In Re Prince

236 B.R. 746, 1999 Bankr. LEXIS 939, 1999 WL 591823
CourtUnited States Bankruptcy Court, N.D. Oklahoma
DecidedAugust 2, 1999
Docket19-10338
StatusPublished
Cited by3 cases

This text of 236 B.R. 746 (In Re Prince) is published on Counsel Stack Legal Research, covering United States Bankruptcy Court, N.D. Oklahoma primary law. Counsel Stack provides free access to over 12 million legal documents including statutes, case law, regulations, and constitutions.

Bluebook
In Re Prince, 236 B.R. 746, 1999 Bankr. LEXIS 939, 1999 WL 591823 (Okla. 1999).

Opinion

MEMORANDUM OPINION

TERRENCE L. MICHAEL, Chief Judge.

THIS MATTER comes before the Court pursuant to the Motion to Avoid Judicial Lien of Greenwood Trust Company (the “Motion”) filed by Richard Conway Prince and Linda Sue Prince, Debtors herein. A hearing was held on the Motion on July 20, 1999. Debtors appeared by and through their attorney, Robert A. Todd. Greenwood Trust Company (“Greenwood”) appeared by and through its attorney, Charles Johnson. Also appearing was Lonnie Eck, the Standing Chapter 13 Trustee. The Court heard argument from the parties and was advised that no relevant facts were in dispute. The following findings of fact and conclusions of law are made pursuant to Bankruptcy Rule 7052 and Federal Rule of Civil Procedure 52.

Jurisdiction

The Court has jurisdiction over this matter pursuant to 28 U.S.C. § 1334(b), 1 and venue is proper pursuant to 28 U.S.C. § 1409. Reference to the Court of this matter is proper pursuant to 28 U.S.C. § 157(a). This is a core proceeding as contemplated by 28 U.S.C. § 157(b)(2)(A) and (0).

Findings of Fact

The operative facts in this matter are relatively simple. Debtors filed their Chapter 13 bankruptcy petition with this Court on May 27, 1999. In their schedules and statement of affairs, Debtors claimed as their exempt homestead certain real estate located in Tulsa County described as Lot 13, Block 3, Indian Hills Estates (the “Homestead”). The exemption was claimed pursuant to 31 Okla.Stat.Ann. tit. 31, § 1(A)(1), which provides for an exemption in real estate, “provided that such home is the principal residence” of the party claiming the exemption. The time for objecting to Debtors’ exemptions has passed without objection.
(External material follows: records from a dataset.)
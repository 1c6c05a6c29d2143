//! A program text, line by line, and what is left of it where it is erased.

use crate::calls::{Buffer, buffer_behind, is_further, push_plain};
use crate::frame::{Opening, opening_of, push_head};
use crate::line::{cut, line_len};
use crate::rows::Rows;
use pb_text::NoMemory;
use std::alloc::Global;

/// The part of a text that a line stands in.
#[derive(Clone, Copy)]
enum Part {
    /// Up to the buffers.
    Head,
    /// The further lines behind them.
    Own,
    Functions,
    /// A function that plain texts don't have.
    Room,
    Body,
    /// The body of such a function.
    RoomBody,
    Main,
}

/// What is left of a program text.
#[derive(Drop)]
pub struct Erased {
    /// The plain text.
    pub plain: Vec<u8>,
    /// For each of its lines the number of the line that it was, from 1.
    pub lines: Vec<u32>,
    pub rows: Rows,
    part: Part,
    buffer: Buffer,
    number: u32,
}

/// What is left of these bytes, as far as they are those of a program text.
pub fn erase(alloc: Global, bytes: &[u8]) -> Result<Erased, NoMemory> {
    let mut erased = Erased {
        plain: Vec::new(alloc),
        lines: Vec::new(alloc),
        rows: Rows::new(alloc),
        part: Part::Head,
        buffer: Buffer::Received,
        number: 0,
    };
    let mut rest = bytes;
    // A line has a byte at least.
    for _ in 0..bytes.len() {
        if rest.is_empty() {
            break;
        }
        let (line, behind) = cut(rest, line_len(rest));
        erased.take(line)?;
        rest = behind;
    }
    Ok(erased)
}

impl Erased {
    fn take(&mut self, line: &[u8]) -> Result<(), NoMemory> {
        self.number = self.number.saturating_add(1);
        let is_marker = line.starts_with(b"/*@");
        match self.part {
            Part::Head => self.take_head(line),
            Part::Own => self.take_own(line, is_marker),
            Part::Functions if is_marker => self.move_on(line, Part::Body),
            Part::Functions => self.take_function(line),
            Part::Body if is_marker => self.move_on(line, Part::Functions),
            Part::Body => self.keep(line),
            Part::Room | Part::RoomBody => {
                self.part = behind_room(self.part, line, is_marker);
                Ok(())
            }
            Part::Main => self.take_main(line),
        }
    }

    /// A line that stays as it is.
    fn keep(&mut self, line: &[u8]) -> Result<(), NoMemory> {
        self.plain.extend_from_slice(line)?;
        self.lines.push(self.number)?;
        Ok(())
    }

    /// The same, and another part begins behind it.
    fn move_on(&mut self, line: &[u8], part: Part) -> Result<(), NoMemory> {
        self.part = part;
        self.keep(line)
    }

    fn take_head(&mut self, line: &[u8]) -> Result<(), NoMemory> {
        if line == b"/* pabble 1 typed */\n".as_slice() {
            return self.keep(b"/* pabble 1 */\n");
        }
        if line == b"#ifdef PABBLE_TRACE\n".as_slice() {
            self.part = Part::Own;
            return Ok(());
        }
        self.rows.take_row(line)?;
        if line.starts_with(b"/* type ") {
            Ok(())
        } else {
            self.keep(line)
        }
    }

    fn take_own(&mut self, line: &[u8], is_marker: bool) -> Result<(), NoMemory> {
        if is_marker {
            self.move_on(line, Part::Body)
        } else {
            self.rows.take_constant(line)
        }
    }

    fn take_function(&mut self, line: &[u8]) -> Result<(), NoMemory> {
        let opening = opening_of(&self.rows, line);
        match opening {
            Opening::Room => {
                self.part = Part::Room;
                return Ok(());
            }
            Opening::Main => self.part = Part::Main,
            Opening::Make(_) | Opening::Take(_) | Opening::Other => {}
        }
        push_head(&mut self.plain, opening, line)?;
        self.lines.push(self.number)?;
        Ok(())
    }

    fn take_main(&mut self, line: &[u8]) -> Result<(), NoMemory> {
        if is_further(line) {
            return Ok(());
        }
        push_plain(&mut self.plain, &self.rows, line, self.buffer)?;
        self.buffer = buffer_behind(line, self.buffer);
        self.lines.push(self.number)?;
        Ok(())
    }
}

/// The part behind a line of a function that plain texts don't have.
fn behind_room(part: Part, line: &[u8], is_marker: bool) -> Part {
    match part {
        Part::Room if is_marker => Part::RoomBody,
        Part::Room if line == b"}\n".as_slice() => Part::Functions,
        Part::RoomBody if is_marker => Part::Room,
        other => other,
    }
}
In their schedules, Debtors value the Homestead at $50,-000.00, subject to a consensual first lien in the amount of $18,000.00, as well as two judicial liens, one of which is held by Greenwood.

On October 8, 1998, Greenwood obtained a judgment in the amount of $2,729.21, plus attorneys’ fees in the amount of $300.00 (the “Judgment”), against the Debtors in the District Court of Tulsa County. See Claims Docket No. 3. Debtors admit that the Judgment constitutes a hen upon the Homestead. Debtors have filed the Motion in order to avoid the lien of the Judgment upon the Homestead.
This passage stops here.